The authors sought to describe changes in clinical management associated with brain tissue oxygen (PbO2) monitoring and how these changes affected outcomes and resource utilization.

Methods

The cohort study comprised 629 patients admitted to a Level I trauma center with a diagnosis of severe traumatic brain injury over a period of 3 years. Hospital mortality rate, neurological outcome, and resource utilization of 123 patients who underwent both PbO2 and intracranial pressure (ICP) monitoring were compared with the same measures in 506 patients who underwent ICP monitoring only. The main outcomes were hospital mortality rate, functional independence at hospital discharge, duration of mechanical ventilation, hospital length of stay, and hospital cost. Multivariable regression with robust variance was used to estimate the adjusted differences in the main outcome measures between patient groups. The models were adjusted for patient age, severity of injury, and pathological features seen on head CT scan at admission.

Results

On average, patients who underwent ICP/PbO2 monitoring were younger and had more severe injuries than patients who received ICP monitoring alone. Relatively more patients treated with PbO2 monitoring received osmotic therapy, vasopressors, and prolonged sedation. After adjustment for baseline characteristics, the hospital mortality rate was, if anything, slightly higher in patients undergoing PbO2-guided management than in patients monitored with ICP only (adjusted mortality difference 4.4%, 95% CI −3.9 to 13%). Patients who underwent PbO2-guided management also had lower adjusted functional independence scores at hospital discharge (adjusted score difference −0.75, 95% CI −1.41 to −0.09). There was a 27% relative increase (95% CI 6–53%) in the median hospital length of stay when the PbO2 group was compared with the ICP-only group.

Conclusions

The mortality rate in patients with traumatic brain injury whose clinical management was guided by PbO2 monitoring was not reduced in comparison with that in patients who received ICP monitoring alone. Brain tissue oxygen monitoring was associated with worse neurological outcome and increased hospital resource utilization.

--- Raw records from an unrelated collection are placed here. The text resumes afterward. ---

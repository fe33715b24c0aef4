//! Cuts streams of calls and replies into frames. The bytes of a stream may come in pieces of any size.
//!
//! The crate `envelope` defines frames, and which calls a list of bytes contains. The types and limits are
//! also in `envelope`, such as `envelope::MAX_MESSAGE_BYTES`. This crate does not export them again.
//! `specs/Framer.antt` defines the bytes that a framer has taken, `specs/Holding.antt` the properties of the
//! bytes it holds, and `specs/Prefix.antt` which bytes of a piece it takes. [`send`] writes a frame
//! (`specs/Writing.antt`).
//!
//! [`Framer`] and [`ReplyFramer`] are one type, [`Cutter`]. A cutter appends the bytes that may belong to a
//! head to its buffer, looks at them, and removes the bytes after the end of the frame or after the fault.
//! Then it appends the bytes of the body to the buffer in one block. The buffer is the only memory that a
//! cutter allocates. A cutter remembers if the frame is complete (`Marks` of `specs/Holding.antt`), so that
//! the head is not read again.
//!
//! ```rust
//! let mut framer = Framer::new(alloc)?;
//! let mut rest = piece;
//! while !rest.is_empty() && framer.fault().is_none() {
//!     let taken = framer.feed(rest); // up to the end of a frame
//!     rest = &rest[taken..];
//!     if let Some(call) = framer.frame() {
//!         answer(call.path, call.message);
//!         framer.next_frame();
//!     }
//! }
//! ```
#![tactic(auto)]

mod framer;
mod prefix;
mod writing;

pub use framer::{Cutter, Framer, ReplyFramer};
pub use writing::send;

Abbreviations used in this paper:

AIS = Abbreviated Injury Scale; CPP = cerebral perfusion pressure; FIM = Functional Independence Measure; GCS = Glasgow Coma Scale; FiO2 = fraction of inspired O2; ICP = intracranial pressure; ICU = intensive care unit; ISS = Injury Severity Scale; LOS = length of stay; MABP = mean arterial blood pressure; PbO2 = brain tissue O2; SAH = subarachnoid hemorrhage; SAPS II = Simplified Acute Physiology Score II; TBI = traumatic brain injury.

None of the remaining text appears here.